What do the lines from the top of the data through the line with "pub const MAGIC: u64 = 0x6576_6153_6c6f_6f50;" say? Quote them exactly and include both ends.
*** AVAILABLE RECORDS Section Begins ***
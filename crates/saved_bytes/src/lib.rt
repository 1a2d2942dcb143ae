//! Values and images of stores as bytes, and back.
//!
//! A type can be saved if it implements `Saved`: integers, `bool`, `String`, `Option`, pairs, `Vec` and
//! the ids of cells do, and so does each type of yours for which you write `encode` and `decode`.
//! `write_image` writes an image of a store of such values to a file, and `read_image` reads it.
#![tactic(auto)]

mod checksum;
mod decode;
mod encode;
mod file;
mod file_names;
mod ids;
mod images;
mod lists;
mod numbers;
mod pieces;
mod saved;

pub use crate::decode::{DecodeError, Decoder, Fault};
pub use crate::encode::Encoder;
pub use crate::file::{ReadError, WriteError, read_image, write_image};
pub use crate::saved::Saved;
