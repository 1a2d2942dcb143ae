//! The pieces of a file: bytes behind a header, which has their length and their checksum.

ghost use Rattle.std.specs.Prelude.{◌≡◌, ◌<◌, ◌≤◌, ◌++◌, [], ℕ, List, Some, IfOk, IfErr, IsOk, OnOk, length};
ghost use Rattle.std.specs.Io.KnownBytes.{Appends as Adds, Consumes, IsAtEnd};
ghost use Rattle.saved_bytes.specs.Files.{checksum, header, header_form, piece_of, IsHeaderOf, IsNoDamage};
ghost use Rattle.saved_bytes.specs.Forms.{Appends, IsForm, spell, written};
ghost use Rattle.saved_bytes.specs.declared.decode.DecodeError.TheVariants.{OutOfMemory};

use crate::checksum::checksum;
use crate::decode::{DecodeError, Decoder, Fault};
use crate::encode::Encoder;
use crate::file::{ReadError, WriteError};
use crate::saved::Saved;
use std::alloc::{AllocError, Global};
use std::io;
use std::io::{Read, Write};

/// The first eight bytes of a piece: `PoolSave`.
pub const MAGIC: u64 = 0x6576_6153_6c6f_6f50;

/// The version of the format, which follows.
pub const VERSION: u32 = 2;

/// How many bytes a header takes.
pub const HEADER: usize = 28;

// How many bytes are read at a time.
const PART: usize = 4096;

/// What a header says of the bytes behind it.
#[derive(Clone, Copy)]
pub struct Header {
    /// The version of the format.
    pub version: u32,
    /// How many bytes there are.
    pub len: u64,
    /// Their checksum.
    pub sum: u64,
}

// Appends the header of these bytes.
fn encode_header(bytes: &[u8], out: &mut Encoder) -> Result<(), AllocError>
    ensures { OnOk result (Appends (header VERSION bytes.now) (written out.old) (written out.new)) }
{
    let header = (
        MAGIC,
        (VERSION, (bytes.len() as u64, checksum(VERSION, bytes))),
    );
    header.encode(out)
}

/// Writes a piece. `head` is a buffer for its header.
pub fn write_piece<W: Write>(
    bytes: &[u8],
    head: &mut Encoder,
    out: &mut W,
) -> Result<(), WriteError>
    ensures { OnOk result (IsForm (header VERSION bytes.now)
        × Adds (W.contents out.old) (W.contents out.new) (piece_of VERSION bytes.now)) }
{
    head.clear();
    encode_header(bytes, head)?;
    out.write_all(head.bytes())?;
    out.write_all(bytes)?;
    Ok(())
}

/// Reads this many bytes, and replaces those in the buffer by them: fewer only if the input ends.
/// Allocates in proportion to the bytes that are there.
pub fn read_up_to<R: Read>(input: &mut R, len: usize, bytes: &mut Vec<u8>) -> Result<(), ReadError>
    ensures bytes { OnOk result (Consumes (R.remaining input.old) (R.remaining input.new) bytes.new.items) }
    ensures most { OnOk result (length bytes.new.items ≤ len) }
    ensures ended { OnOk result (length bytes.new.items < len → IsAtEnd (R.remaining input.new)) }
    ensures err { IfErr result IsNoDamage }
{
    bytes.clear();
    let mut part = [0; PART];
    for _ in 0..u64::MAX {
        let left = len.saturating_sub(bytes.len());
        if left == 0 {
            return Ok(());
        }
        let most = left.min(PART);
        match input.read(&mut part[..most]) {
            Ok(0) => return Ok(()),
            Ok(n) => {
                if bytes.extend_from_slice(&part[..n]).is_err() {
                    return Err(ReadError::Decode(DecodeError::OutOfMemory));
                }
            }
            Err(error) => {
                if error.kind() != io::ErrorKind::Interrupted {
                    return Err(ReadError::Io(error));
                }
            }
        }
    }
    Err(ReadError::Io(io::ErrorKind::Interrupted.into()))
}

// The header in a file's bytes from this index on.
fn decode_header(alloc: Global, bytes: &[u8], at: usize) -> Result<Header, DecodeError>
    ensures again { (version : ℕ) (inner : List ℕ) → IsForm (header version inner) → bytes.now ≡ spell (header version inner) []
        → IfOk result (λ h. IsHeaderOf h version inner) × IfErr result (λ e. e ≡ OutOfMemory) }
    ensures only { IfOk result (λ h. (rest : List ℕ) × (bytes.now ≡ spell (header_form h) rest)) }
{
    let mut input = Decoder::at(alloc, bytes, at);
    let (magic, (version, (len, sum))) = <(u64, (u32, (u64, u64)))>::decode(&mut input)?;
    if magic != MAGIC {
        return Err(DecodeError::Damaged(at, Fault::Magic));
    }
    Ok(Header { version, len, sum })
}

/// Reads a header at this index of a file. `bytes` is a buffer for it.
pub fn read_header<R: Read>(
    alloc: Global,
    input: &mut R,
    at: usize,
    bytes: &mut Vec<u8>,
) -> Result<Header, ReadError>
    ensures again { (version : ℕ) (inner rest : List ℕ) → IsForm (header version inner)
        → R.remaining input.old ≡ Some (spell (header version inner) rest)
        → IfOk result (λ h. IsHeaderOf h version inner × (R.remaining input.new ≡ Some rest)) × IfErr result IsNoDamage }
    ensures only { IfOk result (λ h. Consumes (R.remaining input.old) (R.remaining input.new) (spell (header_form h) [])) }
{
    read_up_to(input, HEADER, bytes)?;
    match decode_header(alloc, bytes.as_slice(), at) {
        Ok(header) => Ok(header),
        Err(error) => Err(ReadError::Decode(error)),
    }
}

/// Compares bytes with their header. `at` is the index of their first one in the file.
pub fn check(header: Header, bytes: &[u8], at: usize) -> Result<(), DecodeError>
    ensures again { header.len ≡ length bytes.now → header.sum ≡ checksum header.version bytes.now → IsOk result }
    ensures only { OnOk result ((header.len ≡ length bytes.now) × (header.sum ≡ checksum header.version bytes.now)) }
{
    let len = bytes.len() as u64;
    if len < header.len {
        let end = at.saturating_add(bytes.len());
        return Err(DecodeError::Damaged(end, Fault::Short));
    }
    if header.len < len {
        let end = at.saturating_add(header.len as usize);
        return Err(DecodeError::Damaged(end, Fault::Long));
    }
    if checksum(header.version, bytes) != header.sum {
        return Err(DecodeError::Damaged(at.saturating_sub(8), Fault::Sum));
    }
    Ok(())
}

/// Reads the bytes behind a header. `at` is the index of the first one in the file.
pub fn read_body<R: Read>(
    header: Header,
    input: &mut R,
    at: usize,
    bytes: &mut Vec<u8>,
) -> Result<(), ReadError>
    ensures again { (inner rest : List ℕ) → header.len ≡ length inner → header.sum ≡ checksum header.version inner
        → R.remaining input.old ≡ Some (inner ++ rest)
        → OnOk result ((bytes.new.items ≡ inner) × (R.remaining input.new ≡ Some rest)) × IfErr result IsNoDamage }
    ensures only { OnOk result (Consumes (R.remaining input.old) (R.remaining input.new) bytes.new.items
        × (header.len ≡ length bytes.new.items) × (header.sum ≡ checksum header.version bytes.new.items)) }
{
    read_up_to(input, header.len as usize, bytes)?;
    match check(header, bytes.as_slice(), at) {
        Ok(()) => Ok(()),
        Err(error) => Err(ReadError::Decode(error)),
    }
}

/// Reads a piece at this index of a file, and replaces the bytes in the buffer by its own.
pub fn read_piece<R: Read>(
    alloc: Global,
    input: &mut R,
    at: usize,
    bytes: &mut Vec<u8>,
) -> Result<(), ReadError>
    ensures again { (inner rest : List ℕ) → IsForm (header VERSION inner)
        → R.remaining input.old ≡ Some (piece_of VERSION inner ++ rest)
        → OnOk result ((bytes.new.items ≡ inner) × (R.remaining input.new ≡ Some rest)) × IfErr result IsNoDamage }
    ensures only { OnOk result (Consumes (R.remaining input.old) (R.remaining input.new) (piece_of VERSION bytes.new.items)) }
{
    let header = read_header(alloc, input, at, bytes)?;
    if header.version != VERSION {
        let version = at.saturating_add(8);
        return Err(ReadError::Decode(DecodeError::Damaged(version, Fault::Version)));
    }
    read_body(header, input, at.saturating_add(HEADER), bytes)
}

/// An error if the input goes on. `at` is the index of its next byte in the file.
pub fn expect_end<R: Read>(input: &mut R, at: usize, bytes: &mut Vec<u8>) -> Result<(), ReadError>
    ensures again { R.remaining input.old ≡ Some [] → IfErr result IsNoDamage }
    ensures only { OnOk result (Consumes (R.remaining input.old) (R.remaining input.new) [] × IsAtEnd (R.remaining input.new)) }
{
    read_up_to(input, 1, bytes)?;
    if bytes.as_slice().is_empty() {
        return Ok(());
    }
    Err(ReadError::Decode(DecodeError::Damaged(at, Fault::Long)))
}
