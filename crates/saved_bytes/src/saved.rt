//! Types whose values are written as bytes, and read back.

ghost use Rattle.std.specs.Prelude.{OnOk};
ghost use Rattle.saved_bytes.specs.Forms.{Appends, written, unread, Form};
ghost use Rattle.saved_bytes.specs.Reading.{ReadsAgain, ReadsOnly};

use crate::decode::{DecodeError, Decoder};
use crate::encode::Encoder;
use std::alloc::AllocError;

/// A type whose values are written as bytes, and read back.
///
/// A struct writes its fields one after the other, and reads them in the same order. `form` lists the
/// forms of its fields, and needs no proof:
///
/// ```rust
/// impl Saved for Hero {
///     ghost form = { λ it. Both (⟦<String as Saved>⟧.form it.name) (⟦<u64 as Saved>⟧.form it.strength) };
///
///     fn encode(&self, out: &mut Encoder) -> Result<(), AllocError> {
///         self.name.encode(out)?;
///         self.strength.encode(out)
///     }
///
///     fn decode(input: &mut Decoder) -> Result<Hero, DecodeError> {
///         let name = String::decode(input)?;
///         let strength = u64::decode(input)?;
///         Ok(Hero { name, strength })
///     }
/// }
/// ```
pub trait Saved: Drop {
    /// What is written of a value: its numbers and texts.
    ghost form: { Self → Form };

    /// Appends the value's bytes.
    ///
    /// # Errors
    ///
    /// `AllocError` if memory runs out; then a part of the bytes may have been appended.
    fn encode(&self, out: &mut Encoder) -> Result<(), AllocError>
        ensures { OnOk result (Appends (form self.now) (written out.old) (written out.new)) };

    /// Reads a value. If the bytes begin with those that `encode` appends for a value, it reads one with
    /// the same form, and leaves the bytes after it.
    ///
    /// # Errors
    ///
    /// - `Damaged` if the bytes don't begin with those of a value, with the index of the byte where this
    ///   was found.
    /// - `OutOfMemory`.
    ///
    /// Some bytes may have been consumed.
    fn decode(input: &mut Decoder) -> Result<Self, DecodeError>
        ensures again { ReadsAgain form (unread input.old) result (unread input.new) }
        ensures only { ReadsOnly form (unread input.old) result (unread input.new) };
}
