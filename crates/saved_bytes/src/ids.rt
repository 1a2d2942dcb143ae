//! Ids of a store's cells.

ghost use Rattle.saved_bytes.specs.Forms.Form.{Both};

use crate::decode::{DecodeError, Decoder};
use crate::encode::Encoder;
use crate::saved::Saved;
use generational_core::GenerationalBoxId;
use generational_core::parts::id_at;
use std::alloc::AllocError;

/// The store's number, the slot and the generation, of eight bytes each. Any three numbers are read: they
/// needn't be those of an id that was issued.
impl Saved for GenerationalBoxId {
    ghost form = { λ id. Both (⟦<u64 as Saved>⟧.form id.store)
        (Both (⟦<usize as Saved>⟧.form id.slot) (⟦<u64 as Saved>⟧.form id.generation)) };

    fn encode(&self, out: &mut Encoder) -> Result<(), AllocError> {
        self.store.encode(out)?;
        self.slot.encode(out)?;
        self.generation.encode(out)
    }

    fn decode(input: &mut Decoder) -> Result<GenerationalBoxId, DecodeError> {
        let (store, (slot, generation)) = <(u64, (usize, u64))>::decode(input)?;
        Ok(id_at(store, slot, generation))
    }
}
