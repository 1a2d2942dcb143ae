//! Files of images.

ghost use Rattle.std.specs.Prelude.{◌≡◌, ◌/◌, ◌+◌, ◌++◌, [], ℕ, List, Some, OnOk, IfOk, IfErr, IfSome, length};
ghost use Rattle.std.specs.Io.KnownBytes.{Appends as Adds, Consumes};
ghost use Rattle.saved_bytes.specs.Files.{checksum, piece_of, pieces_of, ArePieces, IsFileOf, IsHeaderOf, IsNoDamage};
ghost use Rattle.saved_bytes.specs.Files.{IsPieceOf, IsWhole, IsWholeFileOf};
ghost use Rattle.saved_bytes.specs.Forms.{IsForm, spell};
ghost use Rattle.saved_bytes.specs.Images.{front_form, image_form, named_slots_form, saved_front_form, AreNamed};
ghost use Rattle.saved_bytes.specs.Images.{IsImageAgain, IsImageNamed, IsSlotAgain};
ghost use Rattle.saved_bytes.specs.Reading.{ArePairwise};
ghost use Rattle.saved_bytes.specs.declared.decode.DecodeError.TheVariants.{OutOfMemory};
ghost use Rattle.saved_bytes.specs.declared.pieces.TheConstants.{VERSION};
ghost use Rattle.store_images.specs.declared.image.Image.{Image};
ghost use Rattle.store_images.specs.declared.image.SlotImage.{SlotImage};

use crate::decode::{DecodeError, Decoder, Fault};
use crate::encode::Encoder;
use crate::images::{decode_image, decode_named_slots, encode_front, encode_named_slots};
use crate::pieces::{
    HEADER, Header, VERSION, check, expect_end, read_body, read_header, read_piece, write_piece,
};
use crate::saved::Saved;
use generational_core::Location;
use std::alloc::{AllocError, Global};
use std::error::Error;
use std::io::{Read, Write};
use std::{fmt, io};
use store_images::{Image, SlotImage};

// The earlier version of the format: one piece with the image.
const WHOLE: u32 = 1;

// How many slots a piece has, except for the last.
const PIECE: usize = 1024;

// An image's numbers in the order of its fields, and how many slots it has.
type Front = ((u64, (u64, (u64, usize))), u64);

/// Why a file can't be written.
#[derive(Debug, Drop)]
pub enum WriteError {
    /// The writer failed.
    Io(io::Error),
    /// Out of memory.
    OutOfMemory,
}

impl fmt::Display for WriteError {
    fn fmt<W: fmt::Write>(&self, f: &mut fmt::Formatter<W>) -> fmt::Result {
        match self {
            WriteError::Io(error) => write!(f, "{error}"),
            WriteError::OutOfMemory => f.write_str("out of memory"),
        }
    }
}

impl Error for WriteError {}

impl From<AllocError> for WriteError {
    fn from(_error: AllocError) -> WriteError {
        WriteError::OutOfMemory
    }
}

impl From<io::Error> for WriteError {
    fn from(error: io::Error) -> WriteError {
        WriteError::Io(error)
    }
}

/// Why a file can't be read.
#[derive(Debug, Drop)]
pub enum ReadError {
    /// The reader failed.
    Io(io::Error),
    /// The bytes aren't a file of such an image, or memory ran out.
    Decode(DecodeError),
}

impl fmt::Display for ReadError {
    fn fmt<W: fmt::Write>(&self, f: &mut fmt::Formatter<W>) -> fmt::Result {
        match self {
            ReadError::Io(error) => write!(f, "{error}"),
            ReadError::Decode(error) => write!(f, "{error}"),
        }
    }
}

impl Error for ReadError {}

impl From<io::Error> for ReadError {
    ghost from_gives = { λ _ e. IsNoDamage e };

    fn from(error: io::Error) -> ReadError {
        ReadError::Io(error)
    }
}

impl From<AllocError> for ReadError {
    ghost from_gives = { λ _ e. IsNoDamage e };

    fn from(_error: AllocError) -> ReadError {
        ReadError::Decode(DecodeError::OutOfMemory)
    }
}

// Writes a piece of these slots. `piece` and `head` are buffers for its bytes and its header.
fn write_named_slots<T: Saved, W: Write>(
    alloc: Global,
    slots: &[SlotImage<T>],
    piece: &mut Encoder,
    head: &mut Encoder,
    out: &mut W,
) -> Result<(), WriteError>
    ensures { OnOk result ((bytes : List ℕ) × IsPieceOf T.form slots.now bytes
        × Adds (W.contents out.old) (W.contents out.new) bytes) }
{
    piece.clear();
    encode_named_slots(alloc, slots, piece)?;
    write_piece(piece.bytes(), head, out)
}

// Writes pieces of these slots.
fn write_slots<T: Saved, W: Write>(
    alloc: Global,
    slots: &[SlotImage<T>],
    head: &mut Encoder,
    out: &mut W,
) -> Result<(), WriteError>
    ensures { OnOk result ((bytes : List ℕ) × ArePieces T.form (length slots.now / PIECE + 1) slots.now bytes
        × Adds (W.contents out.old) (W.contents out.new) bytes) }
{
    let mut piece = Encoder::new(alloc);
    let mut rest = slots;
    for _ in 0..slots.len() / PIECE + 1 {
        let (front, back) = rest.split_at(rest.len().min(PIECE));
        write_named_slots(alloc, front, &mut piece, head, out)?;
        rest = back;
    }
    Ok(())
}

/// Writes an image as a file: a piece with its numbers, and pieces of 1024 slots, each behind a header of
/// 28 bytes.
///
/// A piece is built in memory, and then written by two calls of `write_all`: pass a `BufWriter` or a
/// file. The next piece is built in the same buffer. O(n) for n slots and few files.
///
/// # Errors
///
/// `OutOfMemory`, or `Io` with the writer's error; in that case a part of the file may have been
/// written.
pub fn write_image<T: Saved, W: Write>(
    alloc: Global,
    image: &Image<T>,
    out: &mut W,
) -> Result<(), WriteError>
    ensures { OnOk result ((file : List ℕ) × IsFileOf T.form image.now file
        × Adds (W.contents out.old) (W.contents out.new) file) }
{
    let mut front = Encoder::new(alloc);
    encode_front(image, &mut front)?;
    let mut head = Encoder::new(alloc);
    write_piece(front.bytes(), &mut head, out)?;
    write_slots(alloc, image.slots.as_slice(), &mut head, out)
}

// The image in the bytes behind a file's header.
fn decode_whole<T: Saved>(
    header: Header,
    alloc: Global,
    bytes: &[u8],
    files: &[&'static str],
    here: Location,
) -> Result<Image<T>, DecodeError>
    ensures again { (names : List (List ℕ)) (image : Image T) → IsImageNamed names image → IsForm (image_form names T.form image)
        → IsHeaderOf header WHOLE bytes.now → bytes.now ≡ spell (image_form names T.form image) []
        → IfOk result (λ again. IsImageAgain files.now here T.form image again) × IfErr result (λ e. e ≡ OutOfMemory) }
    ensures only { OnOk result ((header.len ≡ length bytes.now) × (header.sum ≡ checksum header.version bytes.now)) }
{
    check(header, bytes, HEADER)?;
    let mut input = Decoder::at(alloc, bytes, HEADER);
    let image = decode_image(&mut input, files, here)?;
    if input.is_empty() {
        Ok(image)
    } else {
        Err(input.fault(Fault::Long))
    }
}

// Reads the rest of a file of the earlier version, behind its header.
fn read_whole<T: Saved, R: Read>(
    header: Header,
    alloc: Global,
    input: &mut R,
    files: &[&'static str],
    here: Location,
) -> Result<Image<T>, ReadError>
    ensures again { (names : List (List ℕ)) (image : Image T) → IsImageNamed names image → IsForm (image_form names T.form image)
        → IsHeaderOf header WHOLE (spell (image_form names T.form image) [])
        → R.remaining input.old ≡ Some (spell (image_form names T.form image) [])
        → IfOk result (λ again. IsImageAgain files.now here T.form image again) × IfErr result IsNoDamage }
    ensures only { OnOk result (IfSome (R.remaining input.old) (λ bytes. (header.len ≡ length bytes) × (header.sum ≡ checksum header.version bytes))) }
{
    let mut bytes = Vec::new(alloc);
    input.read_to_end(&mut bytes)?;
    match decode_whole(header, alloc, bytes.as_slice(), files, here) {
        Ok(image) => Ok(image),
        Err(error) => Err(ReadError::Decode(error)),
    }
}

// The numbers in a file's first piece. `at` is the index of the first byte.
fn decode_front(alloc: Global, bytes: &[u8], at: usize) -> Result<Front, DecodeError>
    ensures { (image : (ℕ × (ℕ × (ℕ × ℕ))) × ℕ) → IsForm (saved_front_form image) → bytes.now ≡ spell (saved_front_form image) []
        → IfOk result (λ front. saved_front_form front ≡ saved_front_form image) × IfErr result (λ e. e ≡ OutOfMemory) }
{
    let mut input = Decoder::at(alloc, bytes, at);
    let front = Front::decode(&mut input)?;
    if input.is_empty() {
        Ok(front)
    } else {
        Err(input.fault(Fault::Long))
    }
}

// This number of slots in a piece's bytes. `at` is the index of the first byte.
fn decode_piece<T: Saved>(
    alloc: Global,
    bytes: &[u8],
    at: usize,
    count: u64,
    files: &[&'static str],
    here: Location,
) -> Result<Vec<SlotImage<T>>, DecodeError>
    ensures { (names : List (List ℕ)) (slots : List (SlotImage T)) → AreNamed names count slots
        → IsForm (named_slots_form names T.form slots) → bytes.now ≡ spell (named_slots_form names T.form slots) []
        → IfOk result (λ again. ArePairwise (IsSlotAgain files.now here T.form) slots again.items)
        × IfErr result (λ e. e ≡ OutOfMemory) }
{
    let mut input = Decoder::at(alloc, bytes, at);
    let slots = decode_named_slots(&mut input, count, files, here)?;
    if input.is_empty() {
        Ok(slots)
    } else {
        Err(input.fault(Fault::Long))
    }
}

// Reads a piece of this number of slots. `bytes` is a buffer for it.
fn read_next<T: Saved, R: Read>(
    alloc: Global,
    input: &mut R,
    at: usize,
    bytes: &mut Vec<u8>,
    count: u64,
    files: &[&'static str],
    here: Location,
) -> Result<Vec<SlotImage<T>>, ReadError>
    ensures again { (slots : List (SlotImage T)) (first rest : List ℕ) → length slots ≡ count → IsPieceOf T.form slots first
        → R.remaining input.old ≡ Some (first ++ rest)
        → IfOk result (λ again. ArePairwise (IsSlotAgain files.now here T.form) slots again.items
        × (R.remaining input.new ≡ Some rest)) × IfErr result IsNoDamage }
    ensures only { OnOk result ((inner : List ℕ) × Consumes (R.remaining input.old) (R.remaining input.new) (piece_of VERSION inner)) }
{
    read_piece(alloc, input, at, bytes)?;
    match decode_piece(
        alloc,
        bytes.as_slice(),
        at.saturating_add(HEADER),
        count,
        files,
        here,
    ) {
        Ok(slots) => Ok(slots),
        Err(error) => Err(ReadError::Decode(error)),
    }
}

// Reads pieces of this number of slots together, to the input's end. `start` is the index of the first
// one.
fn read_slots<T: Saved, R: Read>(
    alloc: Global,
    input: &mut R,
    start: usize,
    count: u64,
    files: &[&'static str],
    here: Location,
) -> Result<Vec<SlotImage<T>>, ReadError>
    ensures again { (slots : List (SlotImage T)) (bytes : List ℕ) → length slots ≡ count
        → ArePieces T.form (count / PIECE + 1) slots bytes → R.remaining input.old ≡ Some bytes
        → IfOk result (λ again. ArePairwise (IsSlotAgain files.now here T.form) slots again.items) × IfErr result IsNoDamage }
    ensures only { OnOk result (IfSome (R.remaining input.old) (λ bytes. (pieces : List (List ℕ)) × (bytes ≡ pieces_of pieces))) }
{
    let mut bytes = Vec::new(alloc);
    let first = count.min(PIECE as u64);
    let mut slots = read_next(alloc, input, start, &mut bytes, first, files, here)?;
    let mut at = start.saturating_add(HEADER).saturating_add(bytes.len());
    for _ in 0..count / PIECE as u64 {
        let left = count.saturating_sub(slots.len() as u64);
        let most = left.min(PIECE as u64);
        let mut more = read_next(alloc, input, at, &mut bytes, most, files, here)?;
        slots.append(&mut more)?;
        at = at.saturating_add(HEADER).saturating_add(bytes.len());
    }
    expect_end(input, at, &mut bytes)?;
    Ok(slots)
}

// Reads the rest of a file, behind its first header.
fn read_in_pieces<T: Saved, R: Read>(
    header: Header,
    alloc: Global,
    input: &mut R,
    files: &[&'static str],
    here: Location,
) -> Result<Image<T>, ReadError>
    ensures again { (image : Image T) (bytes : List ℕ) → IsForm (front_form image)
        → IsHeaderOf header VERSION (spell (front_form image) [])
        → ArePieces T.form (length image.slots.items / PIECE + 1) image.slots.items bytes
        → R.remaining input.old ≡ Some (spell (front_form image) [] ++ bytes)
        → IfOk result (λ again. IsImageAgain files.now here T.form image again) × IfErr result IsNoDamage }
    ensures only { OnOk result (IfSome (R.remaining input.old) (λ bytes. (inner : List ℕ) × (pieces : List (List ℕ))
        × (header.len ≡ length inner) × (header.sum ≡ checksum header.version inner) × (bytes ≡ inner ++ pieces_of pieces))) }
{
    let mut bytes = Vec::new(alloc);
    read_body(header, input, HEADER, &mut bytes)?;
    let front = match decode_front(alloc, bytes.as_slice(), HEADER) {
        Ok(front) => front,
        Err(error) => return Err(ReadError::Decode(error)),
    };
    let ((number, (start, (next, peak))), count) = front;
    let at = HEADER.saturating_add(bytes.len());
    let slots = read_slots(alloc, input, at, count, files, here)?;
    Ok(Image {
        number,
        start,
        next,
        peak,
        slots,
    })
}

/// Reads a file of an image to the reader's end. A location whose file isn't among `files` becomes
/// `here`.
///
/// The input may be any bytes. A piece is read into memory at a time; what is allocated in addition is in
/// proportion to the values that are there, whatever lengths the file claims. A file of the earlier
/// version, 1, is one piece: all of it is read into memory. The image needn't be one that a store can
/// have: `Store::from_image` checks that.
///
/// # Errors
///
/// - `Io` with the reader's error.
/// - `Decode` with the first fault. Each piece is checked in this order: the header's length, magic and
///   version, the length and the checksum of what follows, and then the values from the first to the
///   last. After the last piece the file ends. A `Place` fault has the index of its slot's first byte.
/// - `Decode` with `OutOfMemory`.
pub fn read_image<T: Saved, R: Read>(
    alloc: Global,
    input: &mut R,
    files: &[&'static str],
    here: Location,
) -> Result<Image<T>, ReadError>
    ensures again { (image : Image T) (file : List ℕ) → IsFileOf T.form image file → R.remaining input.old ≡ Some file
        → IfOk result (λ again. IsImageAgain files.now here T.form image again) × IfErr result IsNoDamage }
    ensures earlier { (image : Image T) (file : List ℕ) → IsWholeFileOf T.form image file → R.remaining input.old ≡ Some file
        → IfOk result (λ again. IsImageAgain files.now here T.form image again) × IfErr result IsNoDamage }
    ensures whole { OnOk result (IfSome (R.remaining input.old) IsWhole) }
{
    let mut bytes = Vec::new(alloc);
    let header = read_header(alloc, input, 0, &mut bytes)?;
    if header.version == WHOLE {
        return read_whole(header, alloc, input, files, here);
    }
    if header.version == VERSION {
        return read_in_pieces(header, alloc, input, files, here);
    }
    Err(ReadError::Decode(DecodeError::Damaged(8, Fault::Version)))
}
*** AVAILABLE RECORDS Section Ends ***
= ANSWER BOX =
filename crates/saved_bytes/src/lib.rt
repository 1a2d2942dcb143ae
//! Values and images of stores as bytes, and back.
//!
//! A type can be saved if it implements `Saved`: integers, `bool`, `String`, `Option`, pairs, `Vec` and
//! the ids of cells do, and so does each type of yours for which you write `encode` and `decode`.
//! `write_image` writes an image of a store of such values to a file, and `read_image` reads it.
#![tactic(auto)]

mod checksum;
mod decode;
mod encode;
mod file;
mod file_names;
mod ids;
mod images;
mod lists;
mod numbers;
mod pieces;
mod saved;

pub use crate::decode::{DecodeError, Decoder, Fault};
pub use crate::encode::Encoder;
pub use crate::file::{ReadError, WriteError, read_image, write_image};
pub use crate::saved::Saved;
repository 1a2d2942dcb143ae
//! The pieces of a file: bytes behind a header, which has their length and their checksum.

ghost use Rattle.std.specs.Prelude.{◌≡◌, ◌<◌, ◌≤◌, ◌++◌, [], ℕ, List, Some, IfOk, IfErr, IsOk, OnOk, length};
ghost use Rattle.std.specs.Io.KnownBytes.{Appends as Adds, Consumes, IsAtEnd};
ghost use Rattle.saved_bytes.specs.Files.{checksum, header, header_form, piece_of, IsHeaderOf, IsNoDamage};
ghost use Rattle.saved_bytes.specs.Forms.{Appends, IsForm, spell, written};
ghost use Rattle.saved_bytes.specs.declared.decode.DecodeError.TheVariants.{OutOfMemory};

use crate::checksum::checksum;
use crate::decode::{DecodeError, Decoder, Fault};
use crate::encode::Encoder;
use crate::file::{ReadError, WriteError};
use crate::saved::Saved;
use std::alloc::{AllocError, Global};
use std::io;
use std::io::{Read, Write};

/// The first eight bytes of a piece: `PoolSave`.
pub const MAGIC: u64 = 0x6576_6153_6c6f_6f50;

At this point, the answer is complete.